Task details:
Every line of the data should be output word for word.

Items listed in a dataset:
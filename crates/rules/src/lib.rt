// The types that the definitions in specs/ and the code share.
#![tactic(auto)]

// A geometry: bytes of a word, bytes of a page, number of pages.
#[derive(Clone, Copy, PartialEq, Eq)]
pub struct Geo {
    pub word: usize,
    pub page: usize,
    pub pages: usize,
}

// What the two marks of a page say.
#[derive(Clone, Copy, PartialEq, Eq)]
pub enum PageState {
    Open,
    PartialOpen,
    Closed,
    Corrupted,
}

// What an item is.
#[derive(Clone, Copy, PartialEq, Eq)]
pub enum Kind {
    Present,
    Removed,
    Damaged,
}

// Where a walk stands: its first page, the page it reads, the place it reads next.
#[derive(Clone, Copy, PartialEq, Eq)]
pub struct Cursor {
    pub first: usize,
    pub page: usize,
    pub place: usize,
}

// What a call answers. A value has a place and a length, an item a key before them.
// One enum for values and refusals: docs/RULES.md has one table for all.
#[derive(Clone, Copy, PartialEq, Eq)]
pub enum Answer {
    Done,
    Value(usize, usize),
    None,
    Item(u32, usize, usize),
    EndRangeNotAtPageBoundary,
    RangeTooSmall,
    PagesTooSmall,
    Geometry,
    CacheSize,
    ItemTooBig,
    FullStorage,
    Corrupted,
}
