//! Runs the programs of its tables over a host in memory, and prints a line for each row.
//!
//! A row has a `source` or the bytes of an `image`, and what its run gives: the exit `code`, what it prints (`out`) and
//! the line on the error stream (`err`), where 0 and nothing are left out. It runs under each of its `words`, or else by
//! default, on one unit, and on many in an order that a seed picks. Without a seed each unit is a host thread, and no
//! row's answer hangs on which schedule that is. `failing` is the number of the print that fails.
#![tactic(auto)]

mod runs;

use crate::runs::{outcome_of, wanted};
use anyhow::Result;
use std::alloc::{AllocError, Global};
use std::env;
use std::thread::Threads;
use test_rows::{Row, read_rows, verdict};

// The words of a row that names none.
const USUAL: [&str; 3] = [
    "run p.xmtc",
    "run p.xmtc --units 1",
    "run p.xmtc --units 17 --seed 9",
];

fn main(rt: HostRuntime) -> Result<()> {
    let alloc = rt.alloc();
    for file in env::args(&rt)?.skip(1) {
        let rows = read_rows(&rt, alloc, file.as_str())?;
        for row in rows.iter() {
            let line = line_of(&rt, alloc, row)?;
            println!(rt; "{line}")?;
        }
        println!(rt; "{file}: {} rows", rows.len())?;
    }
    Ok(())
}

// The line of a row: of the first words under which it gives something else, if there are any.
fn line_of<R: Threads + Sync>(rt: &R, alloc: Global, row: &Row) -> Result<String, AllocError> {
    let wanted = wanted(alloc, row)?;
    let mut found = wanted.clone()?;
    for words in words_of(alloc, row)?.iter() {
        if found == wanted {
            found = outcome_of(rt, alloc, row, words.as_str())?;
        }
    }
    verdict(alloc, row.name(), found.as_str(), wanted.as_str())
}

// The words under which a row runs.
fn words_of(alloc: Global, row: &Row) -> Result<Vec<String>, AllocError> {
    let mut words = row.texts(alloc, "words")?;
    if words.is_empty() {
        for usual in USUAL {
            words.push(String::from_str(alloc, usual)?)?;
        }
    }
    Ok(words)
}
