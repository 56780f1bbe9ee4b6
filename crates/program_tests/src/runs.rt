//! One run of a row's source.
use spawn_join::OpenGate;
use std::alloc::{AllocError, Global};
use std::thread::Threads;
use test_rows::{Row, shown};
use xmt_host::{HostCall, MemoryHost};
use xmt_top::xmt;

// An outcome as a text: code, output and error stream.
fn outcome(alloc: Global, code: i64, out: &[u8], err: &[u8]) -> Result<String, AllocError> {
    let out = shown(alloc, out)?;
    let err = shown(alloc, err)?;
    format!(in alloc; "code {code}, out {out:?}, err {err:?}")
}

/// What a row wants.
pub(crate) fn wanted(alloc: Global, row: &Row) -> Result<String, AllocError> {
    let code = row.number("code").unwrap_or(0);
    let out = row.text_or_empty("out").as_bytes();
    outcome(alloc, code, out, row.text_or_empty("err").as_bytes())
}

// The words of a line, parted by single spaces.
fn split(alloc: Global, line: &str) -> Result<Vec<String>, AllocError> {
    let mut words = Vec::new(alloc);
    for word in line.split(' ') {
        words.push(String::from_str(alloc, word)?)?;
    }
    Ok(words)
}

// A host in memory with the row's source and the bytes of its image, of which the named print fails.
fn host_of(alloc: Global, row: &Row) -> Result<MemoryHost, AllocError> {
    let mut failing = Vec::new(alloc);
    if let Some(number) = row.number("failing") {
        if let Ok(number) = u64::try_from(number) {
            failing.push((HostCall::Print, number))?;
        }
    }
    let mut host = MemoryHost::new(alloc, failing);
    let source = Vec::from_slice(alloc, row.text_or_empty("source").as_bytes())?;
    host.with_file("p.xmtc", source)?;
    host.with_file("p.img", row.bytes(alloc, "image")?)?;
    Ok(host)
}

/// What a row's source gives under these words.
pub(crate) fn outcome_of<R: Threads + Sync>(
    rt: &R,
    alloc: Global,
    row: &Row,
    line: &str,
) -> Result<String, AllocError> {
    let mut host = host_of(alloc, row)?;
    let words = split(alloc, line)?;
    let status = xmt(rt, alloc, words.as_slice(), &mut host, &OpenGate);
    outcome(
        alloc,
        i64::from(status.code),
        host.out.as_slice(),
        host.err.as_slice(),
    )
}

Task answer:
filename crates/rules/src/lib.rt
// The types that the definitions in specs/ and the code share.
#![tactic(auto)]

// A geometry: bytes of a word, bytes of a page, number of pages.
#[derive(Clone, Copy, PartialEq, Eq)]
pub struct Geo {
    pub word: usize,
    pub page: usize,
    pub pages: usize,
}

// What the two marks of a page say.
#[derive(Clone, Copy, PartialEq, Eq)]
pub enum PageState {
    Open,
    PartialOpen,
    Closed,
    Corrupted,
}

// What an item is.
#[derive(Clone, Copy, PartialEq, Eq)]
pub enum Kind {
    Present,
    Removed,
    Damaged,
}

// Where a walk stands: its first page, the page it reads, the place it reads next.
#[derive(Clone, Copy, PartialEq, Eq)]
pub struct Cursor {
    pub first: usize,
    pub page: usize,
    pub place: usize,
}

// What a call answers. A value has a place and a length, an item a key before them.
// One enum for values and refusals: docs/RULES.md has one table for all.
#[derive(Clone, Copy, PartialEq, Eq)]
pub enum Answer {
    Done,
    Value(usize, usize),
    None,
    Item(u32, usize, usize),
    EndRangeNotAtPageBoundary,
    RangeTooSmall,
    PagesTooSmall,
    Geometry,
    CacheSize,
    ItemTooBig,
    FullStorage,
    Corrupted,
}
//! Runs the programs of its tables over a host in memory, and prints a line for each row.
//!
//! A row has a `source` or the bytes of an `image`, and what its run gives: the exit `code`, what it prints (`out`) and
//! the line on the error stream (`err`), where 0 and nothing are left out. It runs under each of its `words`, or else by
//! default, on one unit, and on many in an order that a seed picks. Without a seed each unit is a host thread, and no
//! row's answer hangs on which schedule that is. `failing` is the number of the print that fails.
#![tactic(auto)]

mod runs;

use crate::runs::{outcome_of, wanted};
use anyhow::Result;
use std::alloc::{AllocError, Global};
use std::env;
use std::thread::Threads;
use test_rows::{Row, read_rows, verdict};

// The words of a row that names none.
const USUAL: [&str; 3] = [
    "run p.xmtc",
    "run p.xmtc --units 1",
    "run p.xmtc --units 17 --seed 9",
];

fn main(rt: HostRuntime) -> Result<()> {
    let alloc = rt.alloc();
    for file in env::args(&rt)?.skip(1) {
        let rows = read_rows(&rt, alloc, file.as_str())?;
        for row in rows.iter() {
            let line = line_of(&rt, alloc, row)?;
            println!(rt; "{line}")?;
        }
        println!(rt; "{file}: {} rows", rows.len())?;
    }
    Ok(())
}

// The line of a row: of the first words under which it gives something else, if there are any.
fn line_of<R: Threads + Sync>(rt: &R, alloc: Global, row: &Row) -> Result<String, AllocError> {
    let wanted = wanted(alloc, row)?;
    let mut found = wanted.clone()?;
    for words in words_of(alloc, row)?.iter() {
        if found == wanted {
            found = outcome_of(rt, alloc, row, words.as_str())?;
        }
    }
    verdict(alloc, row.name(), found.as_str(), wanted.as_str())
}

// The words under which a row runs.
fn words_of(alloc: Global, row: &Row) -> Result<Vec<String>, AllocError> {
    let mut words = row.texts(alloc, "words")?;
    if words.is_empty() {
        for usual in USUAL {
            words.push(String::from_str(alloc, usual)?)?;
        }
    }
    Ok(words)
}
repository 56780f1bbe9ee4b6
filename crates/program_tests/src/runs.rt
//! One run of a row's source.
use spawn_join::OpenGate;
use std::alloc::{AllocError, Global};
use std::thread::Threads;
use test_rows::{Row, shown};
use xmt_host::{HostCall, MemoryHost};
use xmt_top::xmt;

// An outcome as a text: code, output and error stream.
fn outcome(alloc: Global, code: i64, out: &[u8], err: &[u8]) -> Result<String, AllocError> {
    let out = shown(alloc, out)?;
    let err = shown(alloc, err)?;
    format!(in alloc; "code {code}, out {out:?}, err {err:?}")
}

/// What a row wants.
pub(crate) fn wanted(alloc: Global, row: &Row) -> Result<String, AllocError> {
    let code = row.number("code").unwrap_or(0);
    let out = row.text_or_empty("out").as_bytes();
    outcome(alloc, code, out, row.text_or_empty("err").as_bytes())
}

// The words of a line, parted by single spaces.
fn split(alloc: Global, line: &str) -> Result<Vec<String>, AllocError> {
    let mut words = Vec::new(alloc);
    for word in line.split(' ') {
        words.push(String::from_str(alloc, word)?)?;
    }
    Ok(words)
}

// A host in memory with the row's source and the bytes of its image, of which the named print fails.
fn host_of(alloc: Global, row: &Row) -> Result<MemoryHost, AllocError> {
    let mut failing = Vec::new(alloc);
    if let Some(number) = row.number("failing") {
        if let Ok(number) = u64::try_from(number) {
            failing.push((HostCall::Print, number))?;
        }
    }
    let mut host = MemoryHost::new(alloc, failing);
    let source = Vec::from_slice(alloc, row.text_or_empty("source").as_bytes())?;
    host.with_file("p.xmtc", source)?;
    host.with_file("p.img", row.bytes(alloc, "image")?)?;
    Ok(host)
}

/// What a row's source gives under these words.
pub(crate) fn outcome_of<R: Threads + Sync>(
    rt: &R,
    alloc: Global,
    row: &Row,
    line: &str,
) -> Result<String, AllocError> {
    let mut host = host_of(alloc, row)?;
    let words = split(alloc, line)?;
    let status = xmt(rt, alloc, words.as_slice(), &mut host, &OpenGate);
    outcome(
        alloc,
        i64::from(status.code),
        host.out.as_slice(),
        host.err.as_slice(),
    )
}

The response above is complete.